The problem — Look through the records below for the line with "Error types that" and the line with "line on failure.", then return those lines and all lines between, exactly.

*** Data records ***

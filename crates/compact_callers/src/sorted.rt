//! Sorting values, and removing repeated ones. It needs an answer of one line.

ghost use Rattle.std.specs.Prelude.{IfOk};
ghost use Rattle.std.specs.List.Sorted.{IsStrictlySortedBy};
ghost use Rattle.compact_str.specs.Order.{text_cmp};

use compact_str::CompactString;
use std::alloc::AllocError;

/// Sorts names, and removes repeated ones.
pub fn distinct_names(mut names: Vec<CompactString>) -> Result<Vec<CompactString>, AllocError>
    ensures { IfOk result (λ distinct. IsStrictlySortedBy text_cmp distinct.items) }
{
    names.sort()?;
    names.dedup();
    Ok(names)
}
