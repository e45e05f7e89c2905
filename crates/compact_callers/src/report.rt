//! The writer of a report. The invariant of the loop in `report` is in a proof file.
#![tactic(auto, using(compact_str::proofs::ForCallers::caller_facts, compact_ext::proofs::ForCallers::shown_facts))]

ghost use Rattle.std.specs.Prelude.{◌≡◌, ◌++◌, IfOk, OnOk};
ghost use Rattle.compact_callers.specs.Reports.{row_line, lines_of, report_of};

use compact_ext::{ToCompactStringError, format_compact};
use compact_str::CompactString;
use std::alloc::Global;

/// The name and number of a line.
#[derive(Drop)]
pub struct Row {
    pub name: CompactString,
    pub number: u64,
}

/// Formats a line: a name, a colon and a number.
pub fn line(alloc: Global, row: &Row) -> Result<CompactString, ToCompactStringError>
    ensures { IfOk result (λ v. v.text ≡ row_line row.now) }
{
    let (name, number) = (row.name.as_str(), row.number);
    let line = format_compact!(in alloc; "{name}: {number}\n")?;
    Ok(line)
}

/// Concatenates the lines of a report.
#[tactic(auto)]
pub fn report(alloc: Global, rows: &[Row]) -> Result<CompactString, ToCompactStringError>
    ensures { IfOk result (λ v. v.text ≡ report_of rows.now) }
{
    let mut report = CompactString::default(alloc);
    for row in rows {
        let line = line(alloc, row)?;
        report.push_str(line.as_str())?;
    }
    Ok(report)
}

/// A linked list of rows.
#[derive(Drop)]
pub enum Rows {
    End,
    Then(Row, Box<Rows>),
}

/// Appends the lines of a list of rows.
#[tactic(auto)]
pub fn append_rows(report: &mut CompactString, rows: &Rows) -> Result<(), ToCompactStringError>
    ensures { OnOk result (report.new.text ≡ report.old.text ++ lines_of rows.now) }
{
    match rows {
        Rows::End => Ok(()),
        Rows::Then(row, rest) => {
            let line = line(report.allocator(), row)?;
            report.push_str(line.as_str())?;
            append_rows(report, rest)?;
            Ok(())
        }
    }
}
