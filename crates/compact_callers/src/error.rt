//! Error types that the library's errors convert to by `?`.
ghost use Rattle.std.specs.Prelude.{◌≡◌, ◌++◌, ◌∷◌, [], OnOk, IfOk, codes, string_bytes};
ghost use Rattle.compact_str.specs.Text.{text_of, utf8};
ghost use Rattle.compact_str.specs.Value.{PlacedText};

use compact_str::{CompactString, ReserveError};
use std::alloc::{AllocError, Global};
use std::{fmt, io};
use thiserror::Error;

/// Appends a name to a list.
pub fn add_name(alloc: Global, names: &mut Vec<CompactString>, name: &str) -> Result<(), AllocError>
    ensures { OnOk result ((v : PlacedText) × (names.new.items ≡ names.old.items ++ v ∷ [])
        × (v.text ≡ text_of name.now)) }
{
    names.push(CompactString::new(alloc, name)?)?;
    Ok(())
}

/// The same, with the library's error.
pub fn add_short_name(
    alloc: Global,
    names: &mut Vec<CompactString>,
    name: &str,
) -> Result<(), ReserveError>
    ensures { OnOk result ((v : PlacedText) × (names.new.items ≡ names.old.items ++ v ∷ [])
        × (v.text ≡ text_of name.now)) }
{
    names.push(CompactString::new(alloc, name)?)?;
    Ok(())
}

/// The same in a program, whose error is `anyhow`'s.
pub fn add_named(alloc: Global, names: &mut Vec<CompactString>, name: &str) -> anyhow::Result<()> {
    names.push(CompactString::new(alloc, name)?)?;
    Ok(())
}

/// The same, with an I/O error.
pub fn add_read(alloc: Global, names: &mut Vec<CompactString>, name: &str) -> io::Result<()> {
    names.push(CompactString::new(alloc, name)?)?;
    Ok(())
}

/// The errors of a list of names.
#[derive(Debug, Drop, Error)]
pub enum NamesError {
    #[error("{0}")]
    Reserve(#[from] ReserveError),
    #[error("no memory for the list")]
    List(#[from(alloc)] AllocError),
}

/// The same, with an error that covers both.
pub fn add_checked(
    alloc: Global,
    names: &mut Vec<CompactString>,
    name: &str,
) -> Result<(), NamesError> {
    names.push(CompactString::new(alloc, name)?)?;
    Ok(())
}

/// Returns a line with a mark at its end as a `String`. Drops the line on failure.
pub fn marked_line(line: CompactString) -> Result<String, ReserveError>
    ensures { IfOk result (λ s. string_bytes s ≡ utf8 line.text ++ codes "!") }
{
    let line = line.add_str("!")?;
    Ok(line.into_string()?)
}

/// Returns the bytes of such a line.
pub fn marked_bytes(line: CompactString) -> Result<Vec<u8>, AllocError> {
    Ok(line.add_str("!")?.into_vec()?)
}

/// The same, with an I/O error.
pub fn marked_output(line: CompactString) -> io::Result<Vec<u8>> {
    Ok(line.add_str("!")?.into_vec()?)
}

/// Writes a line with a mark at its end.
pub fn write_marked<W: fmt::Write>(line: CompactString, out: &mut W) -> fmt::Result {
    let line = line.add_str("!")?;
    out.write_str(&line.into_string()?)
}
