//! Iterators of texts, passed to calls whose signature names a `CompactString`.
//!
//! `Spelled`, `Lines`, `append_all` and `gather` play a library that takes any iterator. The functions below them call
//! it with a slice's iterator, as a user would first.
ghost use Rattle.std.specs.Prelude.{◌≡◌, ℕ, List, ◌++◌, ◌+◌, flat_map, fold, IfOk, OnOk, codes};
ghost use Rattle.std.specs.Iterator.{IsFinite};
ghost use Rattle.std.specs.Iterator.Runs.{WholeRun};
ghost use Rattle.compact_str.specs.Text.{text_of, size};

use compact_str::{CompactString, ReserveError};
use std::alloc::Global;

/// Items that have a text.
pub trait Spelled: Drop {
    // The text as a list of characters.
    ghost text: { Self → List ℕ };

    /// Returns the text.
    fn spelled(&self) -> &str
        ensures { text_of result.now ≡ text self.now };
}

impl Spelled for &str {
    ghost text = { λ part. text_of part.now };

    fn spelled(&self) -> &str {
        *self
    }
}

impl Spelled for &&str {
    ghost text = { λ part. text_of part.now.now };

    fn spelled(&self) -> &str {
        **self
    }
}

impl Spelled for &CompactString {
    ghost text = { λ part. part.now.text };

    fn spelled(&self) -> &str {
        self.as_str()
    }
}

/// Appends each of `parts`.
fn append_all<T: Spelled, I: Iterator<Item = T> + Drop>(
    line: &mut CompactString,
    parts: I,
) -> Result<(), ReserveError>
    requires can { I.can_next parts }
    requires ends { IsFinite (I.remaining parts) }
    ensures { OnOk result
        (WholeRun I.next_gives parts
        (λ run. line.new.text ≡ line.old.text ++ flat_map T.text run.items)) }
{
    for part in parts {
        line.push_str(part.spelled())?;
    }
    Ok(())
}

/// Concatenates `parts`.
fn gather<T: Spelled, I: Iterator<Item = T> + Drop>(
    alloc: Global,
    parts: I,
) -> Result<CompactString, ReserveError>
    requires can { I.can_next parts }
    requires ends { IsFinite (I.remaining parts) }
    ensures text { IfOk result
        (λ v. WholeRun I.next_gives parts (λ run. v.text ≡ flat_map T.text run.items)) }
    ensures size { IfOk result
        (λ v. WholeRun I.next_gives parts
        (λ run. size v.text ≡ fold (λ n part. n + size (T.text part)) 0 run.items)) }
{
    let mut line = CompactString::default(alloc);
    append_all(&mut line, parts)?;
    Ok(line)
}

/// Conversions from an iterator of texts.
pub trait Lines: Iterator {
    /// Concatenates the items, with `end` after each.
    final fn join_lines(self, alloc: Global, end: &str) -> Result<CompactString, ReserveError>
    where
        Self: Sized + Drop,
        Self::Item: Spelled,
        requires can { Self.can_next self }
        requires ends { IsFinite (Self.remaining self) }
        ensures { IfOk result
            (λ v. WholeRun Self.next_gives self
            (λ run. v.text ≡ flat_map
            (λ part. Self.Item.text part ++ text_of end.now) run.items)) }
    {
        let mut lines = CompactString::default(alloc);
        for part in self {
            lines.push_str(part.spelled())?;
            lines.push_str(end)?;
        }
        Ok(lines)
    }
}

impl<I: Iterator> Lines for I {}

/// Joins borrowed parts into a path, by copy.
pub fn path(alloc: Global, parts: &[&str]) -> Result<CompactString, ReserveError>
    ensures { IfOk result
        (λ v. v.text ≡ flat_map (λ part. text_of part.now ++ text_of (codes "/")) parts.now) }
{
    parts.iter().copied().join_lines(alloc, "/")
}

/// Concatenates parts, by reference.
pub fn whole(alloc: Global, parts: &[&str]) -> Result<CompactString, ReserveError>
    ensures { IfOk result (λ v. v.text ≡ flat_map (λ part. text_of part.now) parts.now) }
{
    gather(alloc, parts.iter())
}

/// Appends the fields of a record.
pub fn append_fields(line: &mut CompactString, fields: &[&str]) -> Result<(), ReserveError>
    ensures { OnOk result
        (line.new.text ≡ line.old.text ++ flat_map (λ field. text_of field.now) fields.now) }
{
    append_all(line, fields.iter().copied())
}

/// Concatenates names.
pub fn names_of(alloc: Global, names: &[CompactString]) -> Result<CompactString, ReserveError>
    ensures { IfOk result (λ v. size v.text ≡ fold (λ n name. n + size name.text) 0 names.now) }
{
    gather(alloc, names.iter().map(|name| name.as_str()))
}

/// Concatenates names, by reference.
pub fn names_by_reference(
    alloc: Global,
    names: &[CompactString],
) -> Result<CompactString, ReserveError>
    ensures { IfOk result (λ v. v.text ≡ flat_map (λ name. name.text) names.now) }
{
    gather(alloc, names.iter())
}

/// Returns the names longer than `least` bytes, in order.
pub fn long_names(
    alloc: Global,
    names: &[CompactString],
    least: usize,
) -> Result<CompactString, ReserveError> {
    gather(alloc, names.iter().filter(|name| name.len() > least))
}
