//! The packed form in tables of fixed-width rows.
ghost use Rattle.std.specs.Prelude.{◌≡◌, ℕ, List, IfSome, IsSome, IsTrue};
ghost use Rattle.compact_str.specs.Value.{inline, IsInline};
ghost use Rattle.compact_str.specs.Capacity.{inline_placement};
ghost use Rattle.compact_str.specs.Packed.{IsPackedFor};

use compact_str::CompactString;
use std::alloc::Global;

/// Writes a key as an array and reads it back. Returns `None` only if the key is not inline.
#[tactic(auto, using(compact_str::proofs::ForCallers::caller_facts))]
pub fn through_packed_bytes(alloc: Global, key: &CompactString) -> Option<CompactString>
    ensures text { IfSome result (λ copy. copy.text ≡ key.now.text) }
    ensures inline { IfSome result (λ copy. copy.placement ≡ inline_placement) }
    ensures succeeds { IsInline key.now → IsSome result }
{
    let row = key.packed()?;
    CompactString::from_packed(alloc, &row)
}

/// Returns `true` if two keys are inline with the same bytes; then their texts are equal.
#[tactic(auto, using(compact_str::proofs::ForCallers::caller_facts))]
pub fn have_same_bytes(first: &CompactString, second: &CompactString) -> bool
    ensures { IsTrue result → (first.now.text ≡ second.now.text) }
{
    let Some(row) = first.packed() else {
        return false;
    };
    let Some(other) = second.packed() else {
        return false;
    };
    row == other
}

/// Normalizes an array, zeroing the padding. Returns `None` if it holds no text.
#[tactic(auto, using(compact_str::proofs::ForCallers::caller_facts))]
pub fn cleaned(alloc: Global, row: &[u8; 24]) -> Option<[u8; 24]>
    ensures { IfSome result (λ clean. (t : List ℕ) → IsPackedFor row.now t → IsPackedFor clean t) }
{
    let key = CompactString::from_packed(alloc, row)?;
    let Ok(copy) = CompactString::new(alloc, key.as_str()) else {
        return None;
    };
    copy.packed()
}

***

Response —
//! Error types that the library's errors convert to by `?`.
ghost use Rattle.std.specs.Prelude.{◌≡◌, ◌++◌, ◌∷◌, [], OnOk, IfOk, codes, string_bytes};
ghost use Rattle.compact_str.specs.Text.{text_of, utf8};
ghost use Rattle.compact_str.specs.Value.{PlacedText};

use compact_str::{CompactString, ReserveError};
use std::alloc::{AllocError, Global};
use std::{fmt, io};
use thiserror::Error;

/// Appends a name to a list.
pub fn add_name(alloc: Global, names: &mut Vec<CompactString>, name: &str) -> Result<(), AllocError>
    ensures { OnOk result ((v : PlacedText) × (names.new.items ≡ names.old.items ++ v ∷ [])
        × (v.text ≡ text_of name.now)) }
{
    names.push(CompactString::new(alloc, name)?)?;
    Ok(())
}

/// The same, with the library's error.
pub fn add_short_name(
    alloc: Global,
    names: &mut Vec<CompactString>,
    name: &str,
) -> Result<(), ReserveError>
    ensures { OnOk result ((v : PlacedText) × (names.new.items ≡ names.old.items ++ v ∷ [])
        × (v.text ≡ text_of name.now)) }
{
    names.push(CompactString::new(alloc, name)?)?;
    Ok(())
}

/// The same in a program, whose error is `anyhow`'s.
pub fn add_named(alloc: Global, names: &mut Vec<CompactString>, name: &str) -> anyhow::Result<()> {
    names.push(CompactString::new(alloc, name)?)?;
    Ok(())
}

/// The same, with an I/O error.
pub fn add_read(alloc: Global, names: &mut Vec<CompactString>, name: &str) -> io::Result<()> {
    names.push(CompactString::new(alloc, name)?)?;
    Ok(())
}

/// The errors of a list of names.
#[derive(Debug, Drop, Error)]
pub enum NamesError {
    #[error("{0}")]
    Reserve(#[from] ReserveError),
    #[error("no memory for the list")]
    List(#[from(alloc)] AllocError),
}

/// The same, with an error that covers both.
pub fn add_checked(
    alloc: Global,
    names: &mut Vec<CompactString>,
    name: &str,
) -> Result<(), NamesError> {
    names.push(CompactString::new(alloc, name)?)?;
    Ok(())
}

/// Returns a line with a mark at its end as a `String`. Drops the line on failure.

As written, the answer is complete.